* _Required action_
Every line below should be copied out exactly.

Data records:
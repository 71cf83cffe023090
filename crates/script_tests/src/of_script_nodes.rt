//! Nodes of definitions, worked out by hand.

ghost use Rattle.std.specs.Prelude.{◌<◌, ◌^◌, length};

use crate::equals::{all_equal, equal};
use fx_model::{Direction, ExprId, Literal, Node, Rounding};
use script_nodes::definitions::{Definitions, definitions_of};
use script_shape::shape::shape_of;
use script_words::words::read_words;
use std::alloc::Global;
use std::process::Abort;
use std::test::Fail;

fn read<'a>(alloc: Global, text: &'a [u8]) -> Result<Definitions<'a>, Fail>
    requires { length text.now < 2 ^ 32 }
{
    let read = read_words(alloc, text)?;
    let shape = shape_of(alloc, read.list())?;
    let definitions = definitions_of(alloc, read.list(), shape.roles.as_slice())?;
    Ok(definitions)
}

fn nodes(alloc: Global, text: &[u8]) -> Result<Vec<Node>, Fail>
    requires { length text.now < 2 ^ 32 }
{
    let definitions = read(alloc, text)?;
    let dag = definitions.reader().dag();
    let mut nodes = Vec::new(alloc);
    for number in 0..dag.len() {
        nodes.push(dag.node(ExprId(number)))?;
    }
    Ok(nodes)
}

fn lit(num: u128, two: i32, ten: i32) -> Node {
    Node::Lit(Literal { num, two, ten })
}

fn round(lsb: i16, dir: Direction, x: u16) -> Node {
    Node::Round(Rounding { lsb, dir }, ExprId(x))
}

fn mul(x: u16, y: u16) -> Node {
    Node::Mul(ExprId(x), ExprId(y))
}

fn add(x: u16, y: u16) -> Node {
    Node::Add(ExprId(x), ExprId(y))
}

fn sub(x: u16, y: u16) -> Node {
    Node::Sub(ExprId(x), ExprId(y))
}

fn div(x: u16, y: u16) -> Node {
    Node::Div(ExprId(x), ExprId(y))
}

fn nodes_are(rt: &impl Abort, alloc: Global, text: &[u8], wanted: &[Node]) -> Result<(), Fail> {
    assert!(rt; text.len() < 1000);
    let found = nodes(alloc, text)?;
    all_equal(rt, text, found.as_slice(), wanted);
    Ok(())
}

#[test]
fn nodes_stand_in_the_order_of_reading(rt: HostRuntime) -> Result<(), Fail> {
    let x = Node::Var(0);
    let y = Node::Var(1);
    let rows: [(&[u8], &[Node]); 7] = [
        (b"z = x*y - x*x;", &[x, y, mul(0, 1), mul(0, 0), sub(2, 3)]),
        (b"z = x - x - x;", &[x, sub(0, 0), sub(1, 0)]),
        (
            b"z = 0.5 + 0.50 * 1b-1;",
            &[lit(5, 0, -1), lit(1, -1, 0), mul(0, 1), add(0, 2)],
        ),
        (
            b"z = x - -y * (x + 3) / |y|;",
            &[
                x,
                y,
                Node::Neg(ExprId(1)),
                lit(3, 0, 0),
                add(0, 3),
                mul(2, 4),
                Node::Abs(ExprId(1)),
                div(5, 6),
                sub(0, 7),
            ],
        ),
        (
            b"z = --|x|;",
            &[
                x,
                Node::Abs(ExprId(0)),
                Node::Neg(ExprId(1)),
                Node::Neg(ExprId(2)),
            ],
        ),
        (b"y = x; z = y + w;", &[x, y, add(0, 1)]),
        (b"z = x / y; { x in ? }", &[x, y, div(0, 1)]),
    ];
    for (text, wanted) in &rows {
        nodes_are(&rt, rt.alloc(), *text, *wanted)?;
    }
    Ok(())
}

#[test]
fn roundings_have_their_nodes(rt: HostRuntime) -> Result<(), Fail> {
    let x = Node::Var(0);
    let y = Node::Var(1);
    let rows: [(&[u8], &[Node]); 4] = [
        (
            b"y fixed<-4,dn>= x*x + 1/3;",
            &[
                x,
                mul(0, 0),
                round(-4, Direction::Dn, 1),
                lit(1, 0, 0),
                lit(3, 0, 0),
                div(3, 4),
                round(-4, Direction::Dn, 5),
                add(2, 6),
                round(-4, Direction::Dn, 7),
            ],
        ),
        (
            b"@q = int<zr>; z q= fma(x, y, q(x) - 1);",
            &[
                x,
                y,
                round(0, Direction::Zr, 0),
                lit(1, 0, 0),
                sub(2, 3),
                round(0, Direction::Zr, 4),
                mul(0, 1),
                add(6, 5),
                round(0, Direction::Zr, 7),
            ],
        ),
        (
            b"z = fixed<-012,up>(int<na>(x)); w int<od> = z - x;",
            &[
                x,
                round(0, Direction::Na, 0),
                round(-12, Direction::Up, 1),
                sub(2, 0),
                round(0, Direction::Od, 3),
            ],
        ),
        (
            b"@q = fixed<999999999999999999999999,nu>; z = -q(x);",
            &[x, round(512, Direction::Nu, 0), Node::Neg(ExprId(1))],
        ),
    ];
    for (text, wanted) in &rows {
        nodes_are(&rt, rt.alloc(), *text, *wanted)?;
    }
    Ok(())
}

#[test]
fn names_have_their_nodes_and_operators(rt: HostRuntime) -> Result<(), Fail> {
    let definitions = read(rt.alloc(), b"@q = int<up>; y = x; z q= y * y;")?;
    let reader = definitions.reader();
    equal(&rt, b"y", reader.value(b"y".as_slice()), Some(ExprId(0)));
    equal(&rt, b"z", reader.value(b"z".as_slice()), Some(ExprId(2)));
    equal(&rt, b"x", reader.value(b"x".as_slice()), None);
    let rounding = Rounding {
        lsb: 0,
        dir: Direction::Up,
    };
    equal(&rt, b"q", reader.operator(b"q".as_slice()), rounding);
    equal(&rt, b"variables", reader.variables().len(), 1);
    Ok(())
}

* _Answer to this exercise_
repository 71cf83cffe023090
filename crates/script_tests/src/of_script_nodes.rt
//! Nodes of definitions, worked out by hand.

ghost use Rattle.std.specs.Prelude.{◌<◌, ◌^◌, length};

use crate::equals::{all_equal, equal};
use fx_model::{Direction, ExprId, Literal, Node, Rounding};
use script_nodes::definitions::{Definitions, definitions_of};
use script_shape::shape::shape_of;
use script_words::words::read_words;
use std::alloc::Global;
use std::process::Abort;
use std::test::Fail;

fn read<'a>(alloc: Global, text: &'a [u8]) -> Result<Definitions<'a>, Fail>
    requires { length text.now < 2 ^ 32 }
{
    let read = read_words(alloc, text)?;
    let shape = shape_of(alloc, read.list())?;
    let definitions = definitions_of(alloc, read.list(), shape.roles.as_slice())?;
    Ok(definitions)
}

fn nodes(alloc: Global, text: &[u8]) -> Result<Vec<Node>, Fail>
    requires { length text.now < 2 ^ 32 }
{
    let definitions = read(alloc, text)?;
    let dag = definitions.reader().dag();
    let mut nodes = Vec::new(alloc);
    for number in 0..dag.len() {
        nodes.push(dag.node(ExprId(number)))?;
    }
    Ok(nodes)
}

fn lit(num: u128, two: i32, ten: i32) -> Node {
    Node::Lit(Literal { num, two, ten })
}

fn round(lsb: i16, dir: Direction, x: u16) -> Node {
    Node::Round(Rounding { lsb, dir }, ExprId(x))
}

fn mul(x: u16, y: u16) -> Node {
    Node::Mul(ExprId(x), ExprId(y))
}

fn add(x: u16, y: u16) -> Node {
    Node::Add(ExprId(x), ExprId(y))
}

fn sub(x: u16, y: u16) -> Node {
    Node::Sub(ExprId(x), ExprId(y))
}

fn div(x: u16, y: u16) -> Node {
    Node::Div(ExprId(x), ExprId(y))
}

fn nodes_are(rt: &impl Abort, alloc: Global, text: &[u8], wanted: &[Node]) -> Result<(), Fail> {
    assert!(rt; text.len() < 1000);
    let found = nodes(alloc, text)?;
    all_equal(rt, text, found.as_slice(), wanted);
    Ok(())
}

#[test]
fn nodes_stand_in_the_order_of_reading(rt: HostRuntime) -> Result<(), Fail> {
    let x = Node::Var(0);
    let y = Node::Var(1);
    let rows: [(&[u8], &[Node]); 7] = [
        (b"z = x*y - x*x;", &[x, y, mul(0, 1), mul(0, 0), sub(2, 3)]),
        (b"z = x - x - x;", &[x, sub(0, 0), sub(1, 0)]),
        (
            b"z = 0.5 + 0.50 * 1b-1;",
            &[lit(5, 0, -1), lit(1, -1, 0), mul(0, 1), add(0, 2)],
        ),
        (
            b"z = x - -y * (x + 3) / |y|;",
            &[
                x,
                y,
                Node::Neg(ExprId(1)),
                lit(3, 0, 0),
                add(0, 3),
                mul(2, 4),
                Node::Abs(ExprId(1)),
                div(5, 6),
                sub(0, 7),
            ],
        ),
        (
            b"z = --|x|;",
            &[
                x,
                Node::Abs(ExprId(0)),
                Node::Neg(ExprId(1)),
                Node::Neg(ExprId(2)),
            ],
        ),
        (b"y = x; z = y + w;", &[x, y, add(0, 1)]),
        (b"z = x / y; { x in ? }", &[x, y, div(0, 1)]),
    ];
    for (text, wanted) in &rows {
        nodes_are(&rt, rt.alloc(), *text, *wanted)?;
    }
    Ok(())
}

#[test]
fn roundings_have_their_nodes(rt: HostRuntime) -> Result<(), Fail> {
    let x = Node::Var(0);
    let y = Node::Var(1);
    let rows: [(&[u8], &[Node]); 4] = [
        (
            b"y fixed<-4,dn>= x*x + 1/3;",
            &[
                x,
                mul(0, 0),
                round(-4, Direction::Dn, 1),
                lit(1, 0, 0),
                lit(3, 0, 0),
                div(3, 4),
                round(-4, Direction::Dn, 5),
                add(2, 6),
                round(-4, Direction::Dn, 7),
            ],
        ),
        (
            b"@q = int<zr>; z q= fma(x, y, q(x) - 1);",
            &[
                x,
                y,
                round(0, Direction::Zr, 0),
                lit(1, 0, 0),
                sub(2, 3),
                round(0, Direction::Zr, 4),
                mul(0, 1),
                add(6, 5),
                round(0, Direction::Zr, 7),
            ],
        ),
        (
            b"z = fixed<-012,up>(int<na>(x)); w int<od> = z - x;",
            &[
                x,
                round(0, Direction::Na, 0),
                round(-12, Direction::Up, 1),
                sub(2, 0),
                round(0, Direction::Od, 3),
            ],
        ),
        (
            b"@q = fixed<999999999999999999999999,nu>; z = -q(x);",
            &[x, round(512, Direction::Nu, 0), Node::Neg(ExprId(1))],
        ),
    ];
    for (text, wanted) in &rows {
        nodes_are(&rt, rt.alloc(), *text, *wanted)?;
    }
    Ok(())
}

#[test]
fn names_have_their_nodes_and_operators(rt: HostRuntime) -> Result<(), Fail> {
    let definitions = read(rt.alloc(), b"@q = int<up>; y = x; z q= y * y;")?;
    let reader = definitions.reader();
    equal(&rt, b"y", reader.value(b"y".as_slice()), Some(ExprId(0)));
    equal(&rt, b"z", reader.value(b"z".as_slice()), Some(ExprId(2)));
    equal(&rt, b"x", reader.value(b"x".as_slice()), None);
    let rounding = Rounding {
        lsb: 0,
        dir: Direction::Up,
    };
    equal(&rt, b"q", reader.operator(b"q".as_slice()), rounding);
    equal(&rt, b"variables", reader.variables().len(), 1);
    Ok(())
}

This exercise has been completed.